## Stored records
+ + + + + + +
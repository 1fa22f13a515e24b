ghost use Rattle.std.specs.Prelude.{◌≡◌, ℕ, ◌<◌, ◌≤◌, ◌↔◌, false, List, length, All};
ghost use Rattle.pq_gate.specs.declared.gate.Gate.{Gate};
ghost use Rattle.pq_gate.specs.Circuit.{IsCircuit};
ghost use Rattle.pq_gate.specs.Matrix.{Same};
ghost use Rattle.pq_match.specs.Row.{RowView, IsSound};
ghost use Rattle.pq_match.specs.Redex.{HasNoRedex};
ghost use Rattle.pq_oracle.specs.Ora.{Answer, Ora};

/// Under sound rules the oracle has one answer to each list of gates.
pub fn oracle_has_one_answer()
    ensures some { (rules : List RowView) (gates : List Gate) → All IsSound rules
        → (answer : Answer) × Ora rules gates answer }
    ensures only { (rules : List RowView) (gates : List Gate) (answer other : Answer) → All IsSound rules
        → Ora rules gates answer → Ora rules gates other → answer ≡ other }
{}

/// What the oracle answers: a list without a redex, and the old one's matrix turned by the phase.
pub fn oracle_keeps_the_matrix()
    ensures clean { (rules : List RowView) (gates : List Gate) (answer : Answer) → Ora rules gates answer
        → HasNoRedex rules answer.gates }
    ensures improved { (rules : List RowView) (gates : List Gate) (answer : Answer) → Ora rules gates answer
        → answer.improved ≡ false ↔ HasNoRedex rules gates }
    ensures unchanged { (rules : List RowView) (gates : List Gate) (answer : Answer) → Ora rules gates answer
        → answer.improved ≡ false → (answer.gates ≡ gates) × (answer.phase ≡ 0) }
    ensures phase { (rules : List RowView) (gates : List Gate) (answer : Answer) → Ora rules gates answer
        → answer.phase < 8 }
    ensures shorter { (rules : List RowView) (gates : List Gate) (answer : Answer) → All IsSound rules → Ora rules gates answer
        → length answer.gates ≤ length gates }
    ensures same { (rules : List RowView) (gates : List Gate) (answer : Answer) (n : ℕ) → All IsSound rules → Ora rules gates answer
        → IsCircuit n gates → Same n gates answer.gates answer.phase }
{}
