//! The oracle: what a segment of a circuit is rewritten to, and what keeps that an answer is the oracle's.
#![tactic(auto)]

mod laws;
mod oracle;
#[cfg(test)]
mod tests;
mod worked;

pub use laws::{oracle_has_one_answer, oracle_keeps_the_matrix};
pub use oracle::{Outcome, improve};
pub use worked::{Worked, WorkedList};
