//! Rows in files and in memory, with the faults of files: tests alone, by public calls.
#![tactic(auto)]

#[cfg(test)]
mod keeping;
#[cfg(test)]
mod samples;
#[cfg(test)]
mod tests;
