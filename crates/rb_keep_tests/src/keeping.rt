//! A file that a keeper holds, and that another program changes, step by step.
use crate::samples::{FIRST, are_pairs, pair, refused};
use rb_causes::{Keeper, NoMemory, Row, Text, Trouble};
use rb_keep::SqlKeeper;
use sqlite::{Connection, Error};
use std::alloc::Global;
use std::test::Fail;

/// Runs statements on a file, as another program would.
fn run(rt: &HostRuntime, path: &str, sql: &str) -> Result<&'static str, Error> {
    Connection::open(rt, path)?.execute_batch(sql)?;
    Ok("done")
}

/// The one number that a query on a file gives.
fn number(rt: &HostRuntime, path: &str, sql: &str) -> Result<i64, Error> {
    Connection::open(rt, path)?.query_row(sql, &[])?.get(0)
}

fn name_of(said: Result<(), Trouble>) -> &'static str {
    match said {
        Ok(()) => "kept",
        Err(Trouble::Failed) => "fault",
        Err(Trouble::NoMemory) => "no memory",
    }
}

/// How many rows are read, and whether they are pairs.
fn read_text(alloc: Global, read: Result<Vec<Row>, Trouble>) -> Result<String, NoMemory> {
    match read {
        Ok(rows) => {
            let count = rows.len();
            if are_pairs(alloc, rows.as_slice(), count)? {
                Ok(format!(in alloc; "{count} of pairs")?)
            } else {
                Ok(format!(in alloc; "{count} others")?)
            }
        }
        Err(trouble) => Ok(String::from_str(alloc, name_of(Err(trouble)))?),
    }
}

/// What a step is answered.
fn answer(rt: HostRuntime, path: &str, keeper: &mut SqlKeeper, step: &str) -> Result<String, Fail> {
    let alloc = rt.alloc();
    let word = match step {
        "append" => name_of(keeper.append(pair(alloc)?.as_slice())),
        "append too much" => name_of(keeper.append(refused(alloc)?.as_slice())),
        "append nothing" => name_of(keeper.append(&[])),
        "rows" => return Ok(read_text(alloc, keeper.rows(alloc))?),
        "format 1" => run(&rt, path, FIRST)?,
        sql => {
            if sql.starts_with("SELECT") {
                let found = number(&rt, path, sql)?;
                return Ok(format!(in alloc; "{found}")?);
            }
            run(&rt, path, sql)?
        }
    };
    Ok(String::from_str(alloc, word)?)
}

fn ask_all(
    rt: HostRuntime,
    path: &str,
    keeper: &mut SqlKeeper,
    script: &str,
) -> Result<String, Fail> {
    let mut others = String::new(rt.alloc());
    for line in script.lines() {
        let (step, wanted) = line.split_once(" => ").unwrap_or((line, ""));
        let found = answer(rt, path, keeper, step)?;
        if found.as_str() != wanted {
            others.push_str(step)?;
            others.push_str(": ")?;
            others.push_str(found.as_str())?;
            others.push_str("; ")?;
        }
    }
    Ok(others)
}

/// The steps of a script on a file that are answered otherwise; its keeper is a new one.
pub(crate) fn others(rt: HostRuntime, path: &str, script: &str) -> Result<String, Fail> {
    let mut keeper = SqlKeeper::at(rt, Text::of(rt.alloc(), path)?);
    ask_all(rt, path, &mut keeper, script)
}
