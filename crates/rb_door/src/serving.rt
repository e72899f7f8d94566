//! What is said with a caller: one exchange, and all of them.
ghost use Rattle.rb_causes.specs.Causes.{Rose};
ghost use Rattle.rb_door.specs.Serving.{ServesCaller, ServesNext, ServesRequest};
ghost use Rattle.rb_door.specs.Standing.{GoesOn};
ghost use Rattle.rb_log.specs.Rows.{is_clean_caller};
ghost use Rattle.rb_wire.specs.Requests.{most_requests};
ghost use Rattle.std.specs.List.{list_all};
ghost use Rattle.std.specs.Prelude.{◌≡◌, ◌≤◌, ◌<◌, ◌≢◌, true};

use crate::answering::{answer_request, give_fault, give_wanting};
use crate::heeded::Heeded;
use crate::laws::loops_serve;
use rb_api::{ApiRouter, Ended, Token};
use rb_causes::{Clock, Line};
use rb_log::Clerk;
use rb_wire::{DoorBuffer, Heard, read_request};
use std::alloc::Global;

/// Reads one request, makes at most one desk call for it, and writes one reply. No user and no
/// group of the tokens has a line feed or a comma.
pub fn serve_next<C: Clerk, L: Line, T: Clock>(
    alloc: Global,
    clerk: &mut C,
    line: &mut L,
    clock: &T,
    router: &ApiRouter,
    tokens: &[Token],
    buffer: &mut DoorBuffer,
) -> Heeded
    requires { list_all (λ t. is_clean_caller t.caller) tokens.now ≡ true }
    ensures served { ServesNext (T.may_be clock.now) tokens.now
        (record {
          clerk = C.told clerk.old;
          line = record { callers = L.callers line.old; pending = buffer.old };
        })
        (record {
          clerk = C.told clerk.new;
          line = record { callers = L.callers line.new; pending = buffer.new };
        })
        result }
    ensures goes { GoesOn (C.told clerk.old) (C.told clerk.new) }
    ensures more { result.ended ≡ Ended.More
        → (buffer.old.given < buffer.new.given) × (buffer.new.given < most_requests) }
    ensures cause { result.ended ≡ Ended.LineFault
        → Rose (L.faults line.old) (L.faults line.new) }
    ensures later { L.faults line.old ≤ L.faults line.new }
{
    match read_request(alloc, line, buffer) {
        Heard::Asked(request) => Heeded {
            asked: true,
            ended: answer_request(alloc, clerk, line, clock, router, tokens, &request),
        },
        Heard::End => Heeded {
            asked: false,
            ended: Ended::Done,
        },
        Heard::Broken(fault) => Heeded {
            asked: false,
            ended: give_fault(line, fault),
        },
        Heard::LineFault => Heeded {
            asked: false,
            ended: Ended::LineFault,
        },
        Heard::NoMemory => Heeded {
            asked: true,
            ended: give_wanting(line),
        },
    }
}

/// The same, where only the end is asked for.
pub fn serve_request<C: Clerk, L: Line, T: Clock>(
    alloc: Global,
    clerk: &mut C,
    line: &mut L,
    clock: &T,
    router: &ApiRouter,
    tokens: &[Token],
    buffer: &mut DoorBuffer,
) -> Ended
    requires { list_all (λ t. is_clean_caller t.caller) tokens.now ≡ true }
    ensures served { ServesRequest (T.may_be clock.now) tokens.now
        (record {
          clerk = C.told clerk.old;
          line = record { callers = L.callers line.old; pending = buffer.old };
        })
        (record {
          clerk = C.told clerk.new;
          line = record { callers = L.callers line.new; pending = buffer.new };
        })
        result }
    ensures goes { GoesOn (C.told clerk.old) (C.told clerk.new) }
    ensures more { result ≡ Ended.More
        → (buffer.old.given < buffer.new.given) × (buffer.new.given < most_requests) }
    ensures cause { result ≡ Ended.LineFault → Rose (L.faults line.old) (L.faults line.new) }
    ensures later { L.faults line.old ≤ L.faults line.new }
{
    serve_next(alloc, clerk, line, clock, router, tokens, buffer).ended
}

/// Serves the caller to the end. It never answers More.
pub fn serve_caller<C: Clerk, L: Line, T: Clock>(
    alloc: Global,
    clerk: &mut C,
    line: &mut L,
    clock: &T,
    router: &ApiRouter,
    tokens: &[Token],
    buffer: &mut DoorBuffer,
) -> Ended
    requires { list_all (λ t. is_clean_caller t.caller) tokens.now ≡ true }
    ensures served { ServesCaller (T.may_be clock.now) tokens.now
        (record {
          clerk = C.told clerk.old;
          line = record { callers = L.callers line.old; pending = buffer.old };
        })
        (record {
          clerk = C.told clerk.new;
          line = record { callers = L.callers line.new; pending = buffer.new };
        })
        result }
    ensures goes { GoesOn (C.told clerk.old) (C.told clerk.new) }
    ensures last { result ≢ Ended.More }
    ensures cause { result ≡ Ended.LineFault → Rose (L.faults line.old) (L.faults line.new) }
    ensures later { L.faults line.old ≤ L.faults line.new }
{
    loops_serve(clock);
    let mut ended = Ended::More;
    while ended == Ended::More {
        ended = serve_request(alloc, clerk, line, clock, router, tokens, buffer);
    }
    ended
}
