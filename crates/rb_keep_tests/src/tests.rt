use crate::keeping::others;
use crate::samples::{are_pairs, pair};
use rb_causes::{Keeper, NoMemory, Row};
use rb_keep::{FirstErr, MemSqlKeeper, SqlKeeper};
use std::alloc::Global;
use std::test::Fail;

/// How many rows there are, where all are of pairs.
fn pairs_in(alloc: Global, keeper: &mut MemSqlKeeper) -> Result<Option<usize>, NoMemory> {
    match keeper.rows(alloc) {
        Ok(rows) => {
            let count = rows.len();
            let are_pairs = are_pairs(alloc, rows.as_slice(), count)?;
            Ok(if are_pairs { Some(count) } else { None })
        }
        Err(_) => Ok(None),
    }
}

/// Whether rows of format 1, and then others, come back.
fn goes_on(alloc: Global, keeper: &mut MemSqlKeeper, pair: &[Row]) -> Result<bool, NoMemory> {
    let first = keeper.append_first(pair) == Ok(());
    let read = pairs_in(alloc, keeper)? == Some(2);
    let shaped = keeper.append_first(pair) == Err(FirstErr::Shaped);
    let kept = keeper.append(pair) == Ok(());
    Ok(first && read && shaped && kept && pairs_in(alloc, keeper)? == Some(4))
}

#[test]
fn rows_in_memory_come_back(rt: HostRuntime) -> Result<(), Fail> {
    let alloc = rt.alloc();
    let pair = pair(alloc)?;
    let mut keeper = SqlKeeper::in_memory(alloc)?;
    assert!(rt; goes_on(alloc, &mut keeper, pair.as_slice())?);
    Ok(())
}

/// Files, one behind another, and what is done with each: rows are appended and read, and
/// statements are run on it as by another program.
const STORES: [(&str, &str); 9] = [
    (
        "outlives.db",
        "append => kept
append => kept
rows => 4 of pairs
",
    ),
    (
        "outlives.db",
        "rows => 4 of pairs
append => kept
",
    ),
    (
        "outlives.db",
        "append nothing => kept
rows => 6 of pairs
",
    ),
    (
        "first.db",
        "format 1 => done
rows => 2 others
append => kept
rows => 4 others
",
    ),
    (
        "first.db",
        "SELECT number FROM shape => 2
SELECT max(seq) FROM entries => 4
SELECT kind * 1000 + c FROM entries WHERE seq = 2 => 9257
SELECT count(*) FROM entries WHERE who = x'616e6e' AND body = x'c3a4' => 1
",
    ),
    (
        "unnumbered.db",
        "format 1 => done
CREATE TABLE shape (id INTEGER PRIMARY KEY CHECK (id = 1), number INTEGER NOT NULL) => done
append => kept
rows => 4 others
",
    ),
    (
        "unnumbered.db",
        "SELECT number FROM shape => 2
",
    ),
    // What stands behind the last row that was kept, as a commit whose sync failed may leave it, is
    // taken away.
    (
        "behind.db",
        "append => kept
append too much => fault
INSERT INTO entries VALUES (3, 1, 0, 1, 1, 0, x'', x'', x'') => done
rows => 2 of pairs
append too much => fault
INSERT INTO entries VALUES (3, 1, 0, 1, 1, 0, x'', x'', x'') => done
append => kept
rows => 4 of pairs
",
    ),
    (
        "gone.db",
        "append => kept
append too much => fault
DELETE FROM entries WHERE seq = 2 => done
append => fault
rows => fault
SELECT max(seq) FROM entries => 1
",
    ),
];

#[test]
fn rows_of_a_file_outlive_their_keeper(rt: HostRuntime) -> Result<(), Fail> {
    for (path, script) in &STORES {
        assert_eq!(rt; others(rt, *path, *script)?.as_str(), "", "{path}");
    }
    Ok(())
}

/// What another program has done to a log of format 1: gaps, numbers out of range, texts that are
/// none, another format; and the rows that are left.
const SPOILED: [(&str, &str, u32, u32); 13] = [
    ("gap.db", "UPDATE entries SET seq = 3 WHERE seq = 2", 1, 2),
    ("zero.db", "UPDATE entries SET seq = 0 WHERE seq = 1", 1, 2),
    ("begins.db", "DELETE FROM entries WHERE seq = 1", 1, 1),
    (
        "kind.db",
        "UPDATE entries SET kind = 256 WHERE seq = 2",
        1,
        2,
    ),
    (
        "negative.db",
        "UPDATE entries SET kind = -1 WHERE seq = 2",
        1,
        2,
    ),
    ("a.db", "UPDATE entries SET a = -1 WHERE seq = 1", 1, 2),
    ("b.db", "UPDATE entries SET b = -1 WHERE seq = 2", 1, 2),
    (
        "c.db",
        "UPDATE entries SET c = -9223372036854775808 WHERE seq = 2",
        1,
        2,
    ),
    (
        "word.db",
        "UPDATE entries SET at = 'noon' WHERE seq = 2",
        1,
        2,
    ),
    (
        "name.db",
        "UPDATE entries SET name = x'ff' WHERE seq = 1",
        1,
        2,
    ),
    (
        "who.db",
        "UPDATE entries SET who = x'c3' WHERE seq = 2",
        1,
        2,
    ),
    (
        "body.db",
        "UPDATE entries SET body = x'6180' WHERE seq = 2",
        1,
        2,
    ),
    (
        "third.db",
        "CREATE TABLE shape (id INTEGER PRIMARY KEY CHECK (id = 1), number INTEGER NOT NULL); \
INSERT INTO shape VALUES (1, 3)",
        2,
        2,
    ),
];

#[test]
fn a_spoiled_log_is_a_fault_and_stays(rt: HostRuntime) -> Result<(), Fail> {
    let alloc = rt.alloc();
    for (path, change, tables, rows) in &SPOILED {
        let script = format!(in alloc;
            "format 1 => done\n{change} => done\nappend => fault\nrows => fault\n\
SELECT count(*) FROM sqlite_schema => {tables}\nSELECT count(*) FROM entries => {rows}\n"
        )?;
        assert_eq!(rt; others(rt, *path, script.as_str())?.as_str(), "", "{path}");
    }
    Ok(())
}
+ + + + + + +
## What you should do
Reply with the number of lines above in which the word "SELECT" appears, and with nothing else.

## Response to the task
8